▸ Activity
Among the records below, find each line containing the word "Three" and copy it.
--- Supplied data Enclosed Below ---
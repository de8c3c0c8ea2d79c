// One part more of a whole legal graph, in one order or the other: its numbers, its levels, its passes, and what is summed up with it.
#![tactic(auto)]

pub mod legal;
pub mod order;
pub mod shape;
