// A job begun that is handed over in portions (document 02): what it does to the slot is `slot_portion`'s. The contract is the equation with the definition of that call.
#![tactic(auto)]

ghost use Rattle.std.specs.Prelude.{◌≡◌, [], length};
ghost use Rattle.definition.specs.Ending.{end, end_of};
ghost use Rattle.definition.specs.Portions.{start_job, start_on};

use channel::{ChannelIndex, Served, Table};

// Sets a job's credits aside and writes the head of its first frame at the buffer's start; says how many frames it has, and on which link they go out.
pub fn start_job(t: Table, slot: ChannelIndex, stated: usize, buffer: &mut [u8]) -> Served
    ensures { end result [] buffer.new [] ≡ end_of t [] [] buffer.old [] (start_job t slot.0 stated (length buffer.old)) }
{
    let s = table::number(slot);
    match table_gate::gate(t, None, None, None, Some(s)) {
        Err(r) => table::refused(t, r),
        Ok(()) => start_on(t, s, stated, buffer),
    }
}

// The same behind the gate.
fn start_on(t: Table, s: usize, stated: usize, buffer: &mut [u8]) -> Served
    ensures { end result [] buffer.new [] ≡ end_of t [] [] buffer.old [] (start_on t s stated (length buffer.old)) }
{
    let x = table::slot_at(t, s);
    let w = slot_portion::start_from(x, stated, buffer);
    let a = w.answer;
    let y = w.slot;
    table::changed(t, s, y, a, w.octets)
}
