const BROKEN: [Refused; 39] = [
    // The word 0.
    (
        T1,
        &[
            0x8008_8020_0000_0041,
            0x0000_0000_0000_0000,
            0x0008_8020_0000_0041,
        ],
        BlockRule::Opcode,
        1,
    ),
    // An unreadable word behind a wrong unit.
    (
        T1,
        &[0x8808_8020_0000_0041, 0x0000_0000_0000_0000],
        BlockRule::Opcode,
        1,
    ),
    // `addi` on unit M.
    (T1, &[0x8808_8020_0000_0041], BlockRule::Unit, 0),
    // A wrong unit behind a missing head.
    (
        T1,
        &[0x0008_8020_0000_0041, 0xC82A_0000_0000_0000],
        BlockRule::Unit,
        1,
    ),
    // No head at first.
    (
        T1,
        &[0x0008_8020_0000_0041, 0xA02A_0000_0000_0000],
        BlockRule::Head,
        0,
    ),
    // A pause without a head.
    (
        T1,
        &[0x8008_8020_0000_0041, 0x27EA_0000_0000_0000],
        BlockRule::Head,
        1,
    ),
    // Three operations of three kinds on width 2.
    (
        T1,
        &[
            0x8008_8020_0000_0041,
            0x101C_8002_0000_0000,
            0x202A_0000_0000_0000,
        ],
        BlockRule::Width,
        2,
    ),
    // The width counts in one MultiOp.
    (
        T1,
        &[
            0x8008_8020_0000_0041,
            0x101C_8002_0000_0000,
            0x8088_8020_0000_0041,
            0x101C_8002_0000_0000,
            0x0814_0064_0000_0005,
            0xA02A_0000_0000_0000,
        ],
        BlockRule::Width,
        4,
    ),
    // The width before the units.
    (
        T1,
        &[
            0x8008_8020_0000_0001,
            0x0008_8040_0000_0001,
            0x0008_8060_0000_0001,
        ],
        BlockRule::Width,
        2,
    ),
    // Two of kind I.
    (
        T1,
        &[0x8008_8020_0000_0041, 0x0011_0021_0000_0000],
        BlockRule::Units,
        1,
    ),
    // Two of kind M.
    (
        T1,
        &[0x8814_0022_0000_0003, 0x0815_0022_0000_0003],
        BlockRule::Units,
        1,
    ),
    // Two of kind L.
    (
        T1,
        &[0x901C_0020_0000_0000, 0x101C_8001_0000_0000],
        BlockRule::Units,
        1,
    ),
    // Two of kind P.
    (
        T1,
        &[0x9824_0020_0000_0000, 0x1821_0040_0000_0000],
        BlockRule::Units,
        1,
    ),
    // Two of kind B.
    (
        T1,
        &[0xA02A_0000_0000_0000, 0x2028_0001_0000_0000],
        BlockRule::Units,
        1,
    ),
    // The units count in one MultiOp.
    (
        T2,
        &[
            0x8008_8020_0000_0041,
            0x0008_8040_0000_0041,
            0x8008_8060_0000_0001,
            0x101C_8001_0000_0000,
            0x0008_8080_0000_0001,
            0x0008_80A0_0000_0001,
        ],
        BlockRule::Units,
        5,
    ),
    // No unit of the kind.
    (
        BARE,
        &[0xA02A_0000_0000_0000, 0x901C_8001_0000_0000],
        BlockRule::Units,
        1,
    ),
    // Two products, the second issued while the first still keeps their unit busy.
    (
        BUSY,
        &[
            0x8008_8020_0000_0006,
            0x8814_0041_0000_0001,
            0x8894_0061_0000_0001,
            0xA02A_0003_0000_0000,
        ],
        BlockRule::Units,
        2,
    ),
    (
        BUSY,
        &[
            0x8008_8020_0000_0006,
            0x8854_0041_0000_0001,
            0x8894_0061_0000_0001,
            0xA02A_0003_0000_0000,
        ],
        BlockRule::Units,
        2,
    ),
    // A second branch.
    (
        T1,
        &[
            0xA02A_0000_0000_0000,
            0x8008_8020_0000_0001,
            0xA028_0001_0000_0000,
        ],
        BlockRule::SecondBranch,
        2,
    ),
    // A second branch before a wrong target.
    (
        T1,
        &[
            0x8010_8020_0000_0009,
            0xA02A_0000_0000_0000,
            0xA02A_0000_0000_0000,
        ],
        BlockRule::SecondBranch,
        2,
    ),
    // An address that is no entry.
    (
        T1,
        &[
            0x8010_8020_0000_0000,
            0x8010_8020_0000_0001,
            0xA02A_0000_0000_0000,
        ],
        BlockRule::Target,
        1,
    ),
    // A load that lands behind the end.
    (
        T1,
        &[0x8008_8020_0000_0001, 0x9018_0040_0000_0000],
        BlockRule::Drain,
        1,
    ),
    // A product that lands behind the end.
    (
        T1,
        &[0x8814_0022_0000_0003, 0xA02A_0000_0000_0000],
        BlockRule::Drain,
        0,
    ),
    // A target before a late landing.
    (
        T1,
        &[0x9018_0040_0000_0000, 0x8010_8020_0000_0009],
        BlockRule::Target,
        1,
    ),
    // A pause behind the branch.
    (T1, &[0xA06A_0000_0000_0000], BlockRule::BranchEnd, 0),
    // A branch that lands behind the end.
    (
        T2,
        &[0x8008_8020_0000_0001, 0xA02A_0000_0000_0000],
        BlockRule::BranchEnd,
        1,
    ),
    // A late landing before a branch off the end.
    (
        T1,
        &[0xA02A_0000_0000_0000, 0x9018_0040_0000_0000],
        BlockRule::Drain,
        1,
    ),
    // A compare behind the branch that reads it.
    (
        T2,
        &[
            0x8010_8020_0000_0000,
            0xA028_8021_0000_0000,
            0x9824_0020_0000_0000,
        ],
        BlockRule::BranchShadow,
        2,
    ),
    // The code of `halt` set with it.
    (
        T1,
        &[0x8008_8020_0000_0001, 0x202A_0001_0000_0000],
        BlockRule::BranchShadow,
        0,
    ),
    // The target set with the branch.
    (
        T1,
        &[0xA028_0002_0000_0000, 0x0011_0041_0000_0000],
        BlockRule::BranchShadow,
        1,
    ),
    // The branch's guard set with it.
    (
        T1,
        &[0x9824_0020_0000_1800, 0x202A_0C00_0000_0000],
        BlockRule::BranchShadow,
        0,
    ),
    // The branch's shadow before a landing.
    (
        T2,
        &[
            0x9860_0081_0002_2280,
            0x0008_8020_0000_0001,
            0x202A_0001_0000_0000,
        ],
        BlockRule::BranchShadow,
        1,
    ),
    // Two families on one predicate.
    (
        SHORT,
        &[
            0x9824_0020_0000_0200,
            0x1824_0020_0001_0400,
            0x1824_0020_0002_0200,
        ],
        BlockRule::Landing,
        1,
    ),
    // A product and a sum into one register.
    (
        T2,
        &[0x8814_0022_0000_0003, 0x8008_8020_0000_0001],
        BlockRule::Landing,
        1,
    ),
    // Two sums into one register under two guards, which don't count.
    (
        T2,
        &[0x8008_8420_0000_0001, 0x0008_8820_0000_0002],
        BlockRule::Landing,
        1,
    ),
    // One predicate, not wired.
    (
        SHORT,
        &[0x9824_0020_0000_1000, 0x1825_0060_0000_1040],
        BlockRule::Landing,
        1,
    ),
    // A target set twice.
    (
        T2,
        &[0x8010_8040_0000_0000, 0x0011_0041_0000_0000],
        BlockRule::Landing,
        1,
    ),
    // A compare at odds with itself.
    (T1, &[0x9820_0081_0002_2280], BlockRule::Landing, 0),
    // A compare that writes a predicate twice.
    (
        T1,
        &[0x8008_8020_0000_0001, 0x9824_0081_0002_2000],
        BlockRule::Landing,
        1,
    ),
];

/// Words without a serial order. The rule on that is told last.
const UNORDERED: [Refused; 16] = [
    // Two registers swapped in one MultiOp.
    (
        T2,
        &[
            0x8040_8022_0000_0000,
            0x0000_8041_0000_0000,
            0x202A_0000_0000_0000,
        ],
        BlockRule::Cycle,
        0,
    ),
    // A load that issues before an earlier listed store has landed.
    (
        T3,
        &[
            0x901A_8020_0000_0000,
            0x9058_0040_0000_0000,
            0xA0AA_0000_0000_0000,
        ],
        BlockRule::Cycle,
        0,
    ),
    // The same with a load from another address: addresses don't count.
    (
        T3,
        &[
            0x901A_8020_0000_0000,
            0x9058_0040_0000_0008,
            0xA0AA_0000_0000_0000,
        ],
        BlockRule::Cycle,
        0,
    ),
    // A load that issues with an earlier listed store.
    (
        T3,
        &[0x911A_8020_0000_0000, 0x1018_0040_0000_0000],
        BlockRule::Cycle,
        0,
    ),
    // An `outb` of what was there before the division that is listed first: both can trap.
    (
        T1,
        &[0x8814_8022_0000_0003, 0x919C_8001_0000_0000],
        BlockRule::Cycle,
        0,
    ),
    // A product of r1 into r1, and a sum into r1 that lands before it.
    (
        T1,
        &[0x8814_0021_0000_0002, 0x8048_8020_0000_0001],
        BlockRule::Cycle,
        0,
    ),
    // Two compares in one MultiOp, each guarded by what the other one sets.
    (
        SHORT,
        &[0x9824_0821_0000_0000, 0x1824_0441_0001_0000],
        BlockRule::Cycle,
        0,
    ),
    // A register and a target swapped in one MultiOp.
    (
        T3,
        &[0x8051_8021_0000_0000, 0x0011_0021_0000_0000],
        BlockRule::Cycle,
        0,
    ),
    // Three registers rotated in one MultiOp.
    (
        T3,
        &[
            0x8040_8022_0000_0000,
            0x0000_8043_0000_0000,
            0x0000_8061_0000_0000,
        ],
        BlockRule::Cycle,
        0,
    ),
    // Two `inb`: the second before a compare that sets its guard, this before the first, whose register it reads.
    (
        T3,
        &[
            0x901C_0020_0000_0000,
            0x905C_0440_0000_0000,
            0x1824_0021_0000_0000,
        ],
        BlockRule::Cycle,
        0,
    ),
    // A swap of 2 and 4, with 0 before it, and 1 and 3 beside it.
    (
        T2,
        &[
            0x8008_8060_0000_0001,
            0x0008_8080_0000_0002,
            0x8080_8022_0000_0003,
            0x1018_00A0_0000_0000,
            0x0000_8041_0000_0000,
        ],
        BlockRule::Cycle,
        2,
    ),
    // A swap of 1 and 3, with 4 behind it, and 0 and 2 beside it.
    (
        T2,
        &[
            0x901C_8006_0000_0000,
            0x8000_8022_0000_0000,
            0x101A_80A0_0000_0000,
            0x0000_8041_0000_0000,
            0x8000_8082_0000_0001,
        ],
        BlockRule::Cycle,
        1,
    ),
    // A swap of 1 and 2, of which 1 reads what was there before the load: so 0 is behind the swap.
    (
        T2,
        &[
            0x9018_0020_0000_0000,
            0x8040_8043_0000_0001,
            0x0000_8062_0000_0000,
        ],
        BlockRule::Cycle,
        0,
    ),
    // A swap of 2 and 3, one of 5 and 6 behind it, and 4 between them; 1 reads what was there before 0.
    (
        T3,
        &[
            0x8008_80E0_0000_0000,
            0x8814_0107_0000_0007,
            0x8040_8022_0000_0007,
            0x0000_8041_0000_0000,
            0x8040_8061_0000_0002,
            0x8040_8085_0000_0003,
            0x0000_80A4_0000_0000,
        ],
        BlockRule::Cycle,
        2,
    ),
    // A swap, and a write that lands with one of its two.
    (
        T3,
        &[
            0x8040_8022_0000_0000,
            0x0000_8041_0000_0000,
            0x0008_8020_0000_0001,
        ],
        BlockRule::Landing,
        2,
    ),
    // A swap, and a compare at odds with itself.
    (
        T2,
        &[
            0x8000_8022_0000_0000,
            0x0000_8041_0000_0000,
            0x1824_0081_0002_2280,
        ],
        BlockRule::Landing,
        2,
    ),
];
--- End of Enclosed Supplied data ---
--- Supplied data Enclosed Below ---
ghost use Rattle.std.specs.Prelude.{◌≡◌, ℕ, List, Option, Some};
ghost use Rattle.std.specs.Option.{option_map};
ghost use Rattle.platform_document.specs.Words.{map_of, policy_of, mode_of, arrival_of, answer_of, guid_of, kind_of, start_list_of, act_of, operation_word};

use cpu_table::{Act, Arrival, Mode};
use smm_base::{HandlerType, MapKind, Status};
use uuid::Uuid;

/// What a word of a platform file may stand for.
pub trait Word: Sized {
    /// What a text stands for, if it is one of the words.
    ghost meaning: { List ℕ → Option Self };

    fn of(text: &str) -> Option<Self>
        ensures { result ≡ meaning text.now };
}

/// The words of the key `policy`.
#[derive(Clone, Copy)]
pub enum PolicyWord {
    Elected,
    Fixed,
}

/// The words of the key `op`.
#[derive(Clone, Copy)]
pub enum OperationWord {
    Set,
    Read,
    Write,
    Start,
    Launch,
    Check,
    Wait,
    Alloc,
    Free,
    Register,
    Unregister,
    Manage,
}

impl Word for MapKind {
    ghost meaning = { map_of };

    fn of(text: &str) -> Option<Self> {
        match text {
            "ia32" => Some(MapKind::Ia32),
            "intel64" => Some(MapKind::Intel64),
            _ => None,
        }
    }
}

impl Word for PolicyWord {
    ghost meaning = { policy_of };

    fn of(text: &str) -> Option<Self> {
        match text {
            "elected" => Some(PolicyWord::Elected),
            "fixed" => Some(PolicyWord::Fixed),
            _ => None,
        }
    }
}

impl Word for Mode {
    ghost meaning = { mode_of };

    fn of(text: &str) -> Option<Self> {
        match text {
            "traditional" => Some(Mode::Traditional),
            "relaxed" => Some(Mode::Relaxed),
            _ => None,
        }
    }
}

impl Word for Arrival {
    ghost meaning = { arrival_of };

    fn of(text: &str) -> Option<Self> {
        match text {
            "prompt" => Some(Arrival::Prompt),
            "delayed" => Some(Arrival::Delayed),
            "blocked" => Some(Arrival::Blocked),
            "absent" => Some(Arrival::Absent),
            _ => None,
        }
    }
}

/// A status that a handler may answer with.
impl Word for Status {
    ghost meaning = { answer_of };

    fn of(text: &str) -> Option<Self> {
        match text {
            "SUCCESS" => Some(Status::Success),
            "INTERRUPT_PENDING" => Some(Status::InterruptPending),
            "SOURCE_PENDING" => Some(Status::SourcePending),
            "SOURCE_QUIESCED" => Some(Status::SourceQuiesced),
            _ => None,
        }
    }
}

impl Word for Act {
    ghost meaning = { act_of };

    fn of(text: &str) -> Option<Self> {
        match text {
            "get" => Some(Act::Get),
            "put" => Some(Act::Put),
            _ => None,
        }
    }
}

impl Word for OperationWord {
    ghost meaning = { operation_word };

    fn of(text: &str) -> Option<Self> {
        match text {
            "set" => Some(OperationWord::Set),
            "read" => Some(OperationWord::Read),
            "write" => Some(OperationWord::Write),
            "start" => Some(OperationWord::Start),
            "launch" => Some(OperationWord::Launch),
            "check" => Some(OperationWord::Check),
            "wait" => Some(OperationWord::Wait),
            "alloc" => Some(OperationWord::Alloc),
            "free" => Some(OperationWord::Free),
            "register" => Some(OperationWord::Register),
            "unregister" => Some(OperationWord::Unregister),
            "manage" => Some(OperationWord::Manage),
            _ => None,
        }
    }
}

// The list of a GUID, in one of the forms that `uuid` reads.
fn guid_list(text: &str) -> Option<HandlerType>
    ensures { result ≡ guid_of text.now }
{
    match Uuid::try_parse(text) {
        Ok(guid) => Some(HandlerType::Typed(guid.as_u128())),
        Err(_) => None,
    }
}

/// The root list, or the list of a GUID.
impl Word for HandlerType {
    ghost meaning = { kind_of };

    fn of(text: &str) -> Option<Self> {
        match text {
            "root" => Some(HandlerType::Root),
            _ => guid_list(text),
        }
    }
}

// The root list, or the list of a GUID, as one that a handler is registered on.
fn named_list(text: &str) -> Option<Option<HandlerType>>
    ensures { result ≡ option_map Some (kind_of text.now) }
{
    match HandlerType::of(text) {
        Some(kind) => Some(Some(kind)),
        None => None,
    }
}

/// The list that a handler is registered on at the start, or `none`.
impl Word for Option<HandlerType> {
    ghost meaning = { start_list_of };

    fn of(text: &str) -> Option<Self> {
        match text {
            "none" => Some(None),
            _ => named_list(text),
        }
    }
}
--- End of Enclosed Supplied data ---
▸ Answer below
    // Three operations of three kinds on width 2.
    // Three registers rotated in one MultiOp.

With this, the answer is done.